This is an image registration problem. The general strategy is: Have a known example, or some kind of prior on the data. Fit your data to the example, or fit the example to your data. It helps if your data is roughly aligned in the first place. Here's a rough and ready approach, "the dumbest thing that could possibly work": Start with five toe coordinates in roughly the place you expect. With each one, iteratively climb to the top of the hill. i.e. given current position, move to maximum neighbouring pixel, if its value is greater than current pixel. Stop when your toe coordinates have stopped moving. To counteract the orientation problem, you could have 8 or so initial settings for the basic directions (North, North East, etc). Run each one individually and throw away any results where two or more toes end up at the same pixel. I'll think about this some more, but this kind of thing is still being researched in image processing - there are no right answers! Slightly more complex idea: (weighted) K-means clustering. It's not that bad. Start with five toe coordinates, but now these are "cluster centres". Then iterate until convergence: Assign each pixel to the closest cluster (just make a list for each cluster). Calculate the center of mass of each cluster. For each cluster, this is: Sum(coordinate * intensity value)/Sum(coordinate) Move each cluster to the new centre of mass. This method will almost certainly give much better results, and you get the mass of each cluster which may help in identifying the toes. (Again, you've specified the number of clusters up front. With clustering you have to specify the density one way or another: Either choose the number of clusters, appropriate in this case, or choose a cluster radius and see how many you end up with. An example of the latter is mean-shift.) Sorry about the lack of implementation details or other specifics. I would code this up but I've got a deadline. If nothing else has worked by next week let me know and I'll give it a shot.

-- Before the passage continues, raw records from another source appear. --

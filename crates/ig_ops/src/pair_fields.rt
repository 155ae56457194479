//! Keys with their values as fields.

ghost use Rattle.std.specs.Prelude.{refl};
ghost use Rattle.ig_value.specs.declared.Value.{Value};
ghost use Rattle.ig_fields.specs.Format.{both, value};
ghost use Rattle.ig_ops.specs.Requests.{pair_of, pair_fields};
ghost use Rattle.ig_ops.specs.Views.{pair_reading, pair_bytes};

use ig_caches::Pair;
use ig_encode::{Output, ValueOutput};
use ig_fields::FieldFormat;
use ig_value::Value;
use ig_wire::ReadError;
use std::alloc::Global;

/// The format of a key and its value: two data objects.
pub(crate) struct PairFields;

impl FieldFormat for PairFields {
    type Item = Pair;

    ghost format = { both value value };

    ghost view = { pair_of };

    ghost fields = { pair_fields };

    ghost reads = { pair_reading };

    ghost bytes = { pair_bytes };

    fn read(alloc: Global, input: &[u8]) -> Result<(Pair, &[u8]), ReadError> {
        let ((key, value), rest) = <(Value, Value) as FieldFormat>::read(alloc, input)?;
        Ok((Pair { key, value }, rest))
    }

    fn put<S: ValueOutput>(item: &Pair, out: &mut S, into: &mut [u8]) {
        out.put_value(into, &item.key);
        out.put_value(into, &item.value);
    }

    ghost reads_as_format = { λ _. refl };

    ghost writes_as_format = { λ _. refl };
}
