//! Requests on the rows of caches, on scans and on cursors, and their results, both ways.
//!
//! These are the operations 0, 1000 to 1020, 2000 and 2001. What the fields of each ask, and what its
//! result shows, is one line of a table (`specs/Requests.antt`, `specs/Results.antt`); reading and
//! writing follow from the line's shape, so a client and a server can't disagree.
//!
//! ```text
//! read_fields   body of a request's frame    a Request, or why it isn't served
//! write_ask     a Request                    the frame of a request
//! read_result   body of a reply's frame      what the reply shows
//! write_result  what a reply shows           the bytes after the reply's head
//! ```
//!
//! A result is written once, for any output, and so has its length ([`result_len`]), its bytes
//! ([`write_result`]) and any part of them ([`result_part`]). A page that is made of rows that lie
//! elsewhere is written without a copy ([`page_part`]); shown piece by piece it goes on at the row that
//! it reached ([`PageMark`]), so that all pieces together cost the time of the page's length.
#![tactic(auto)]

mod ask_body;
mod ask_shapes;
mod asks;
mod laws;
mod page_mark;
mod pages;
mod pair_fields;
mod put_page;
mod result_shapes;
mod results;
mod shown_body;

pub use asks::{read_fields, write_ask};
pub use laws::{requests_agree, results_agree};
pub use page_mark::PageMark;
pub use pages::{page_from, page_len, page_part};
pub use results::{read_result, result_len, result_part, write_result};
pub use shown_body::ShownBody;
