//! Results as messages.

ghost use Rattle.std.specs.Prelude.{◌≡◌};
ghost use Rattle.ig_fields.specs.Ask.{filled_bytes};
ghost use Rattle.ig_ops.specs.Results.{outcome_filled, shown_bytes};

use crate::pair_fields::PairFields;
use crate::put_page::{put_page, put_truth};
use ig_caches::{Outcome, Shown};
use ig_encode::{Output, ValueOutput};
use ig_fields::{FieldFormat, Message, put_items};

/// A result as a message. Of a result that isn't one of this crate it has no bytes.
#[derive(Drop)]
pub struct ShownBody<'a> {
    pub shown: &'a Shown,
}

impl Message for ShownBody<'_> {
    ghost bytes = { λ body. shown_bytes body.shown.now };

    fn put<S: ValueOutput>(&self, out: &mut S, into: &mut [u8]) {
        match self.shown {
            Shown::Out(outcome) => put_outcome(outcome, out, into),
            Shown::Page(page) => put_page(page.cursor, page.rows.as_slice(), page.more, out, into),
        }
    }
}

/// Puts the outcome of a call.
fn put_outcome<S: ValueOutput>(outcome: &Outcome, out: &mut S, into: &mut [u8])
    ensures { (out.new, into.new)
        ≡ S.Output.after out.old into.old (filled_bytes (outcome_filled outcome.now)) }
{
    match outcome {
        Outcome::Found(value) => out.put_value(into, value),
        Outcome::Yes(yes) => put_truth(*yes, out, into),
        Outcome::Pairs(rows) => put_items::<PairFields, S>(rows.as_slice(), out, into),
        Outcome::Count(count) => <i64 as FieldFormat>::put(count, out, into),
        _ => {}
    }
}
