//! Laws of the requests and results. These functions do nothing; their contracts say what holds of all
//! bytes.

ghost use Rattle.ig_fields.specs.TableLaws.{AskedIsRight, OneRightAsk, ShownIsRight, OneRightResult};
ghost use Rattle.ig_ops.specs.Requests.{ask_of};
ghost use Rattle.ig_ops.specs.Results.{result_of};
ghost use Rattle.ig_ops.specs.Laws.{WrittenAskIsRead, AsksTellApart, ReadAskFits, WrittenResultIsRead, ResultsTellApart, ReadResultFits, AnswersAreShown};

/// What reading a request gives is the one right answer. A request that is written is read as it is, or
/// refused for what it asks, and no two requests have the same bytes. What is read can be written, and
/// can be served.
pub fn requests_agree()
    ensures right { AskedIsRight ask_of }
    ensures only { OneRightAsk ask_of }
    ensures written { WrittenAskIsRead }
    ensures apart { AsksTellApart }
    ensures fit { ReadAskFits }
{}

/// What reading a result gives is the one right answer. A result that is written is read as it is, and
/// no two results of an operation have the same bytes. What is read can be written. The outcome that
/// answers a call is a result of the call's operation.
pub fn results_agree()
    ensures right { ShownIsRight result_of }
    ensures only { OneRightResult result_of }
    ensures written { WrittenResultIsRead }
    ensures apart { ResultsTellApart }
    ensures fit { ReadResultFits }
    ensures answers { AnswersAreShown }
{}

Using persistent homology to analyze your data set I get the following result (click to enlarge): This is the 2D-version of the peak detection method described in this SO answer. The above figure simply shows 0-dimensional persistent homology classes sorted by persistence. I did upscale the original dataset by a factor of 2 using scipy.misc.imresize(). However, note that I did consider the four paws as one dataset; splitting it into four would make the problem easier. Methodology. The idea behind this quite simple: Consider the function graph of the function that assigns each pixel its level. It looks like this: Now consider a water level at height 255 that continuously descents to lower levels. At local maxima islands pop up (birth). At saddle points two islands merge; we consider the lower island to be merged to the higher island (death). The so-called persistence diagram (of the 0-th dimensional homology classes, our islands) depicts death- over birth-values of all islands: The persistence of an island is then the difference between the birth- and death-level; the vertical distance of a dot to the grey main diagonal. The figure labels the islands by decreasing persistence. The very first picture shows the locations of births of the islands. This method not only gives the local maxima but also quantifies their "significance" by the above mentioned persistence. One would then filter out all islands with a too low persistence. However, in your example every island (i.e., every local maximum) is a peak you look for. Python code can be found here.
This problem has been studied in some depth by physicists. There is a good implementation in ROOT. Look at the TSpectrum classes (especially TSpectrum2 for your case) and the documentation for them. References: M.Morhac et al.: Background elimination methods for multidimensional coincidence gamma-ray spectra. Nuclear Instruments and Methods in Physics Research A 401 (1997) 113-132. M.Morhac et al.: Efficient one- and two-dimensional Gold deconvolution and its application to gamma-ray spectra decomposition. Nuclear Instruments and Methods in Physics Research A 401 (1997) 385-408. M.Morhac et al.: Identification of peaks in multidimensional coincidence gamma-ray spectra. Nuclear Instruments and Methods in Research Physics A 443(2000), 108-125. ...and for those who don't have access to a subscription to NIM: Spectrum.doc SpectrumDec.ps.gz SpectrumSrc.ps.gz SpectrumBck.ps.gz
I'm sure you have enough to go on by now, but I can't help but suggest using the k-means clustering method. k-means is an unsupervised clustering algorithm which will take you data (in any number of dimensions - I happen to do this in 3D) and arrange it into k clusters with distinct boundaries. It's nice here because you know exactly how many toes these canines (should) have. Additionally, it's implemented in Scipy which is really nice (http://docs.scipy.org/doc/scipy/reference/cluster.vq.html). Here's an example of what it can do to spatially resolve 3D clusters: What you want to do is a bit different (2D and includes pressure values), but I still think you could give it a shot.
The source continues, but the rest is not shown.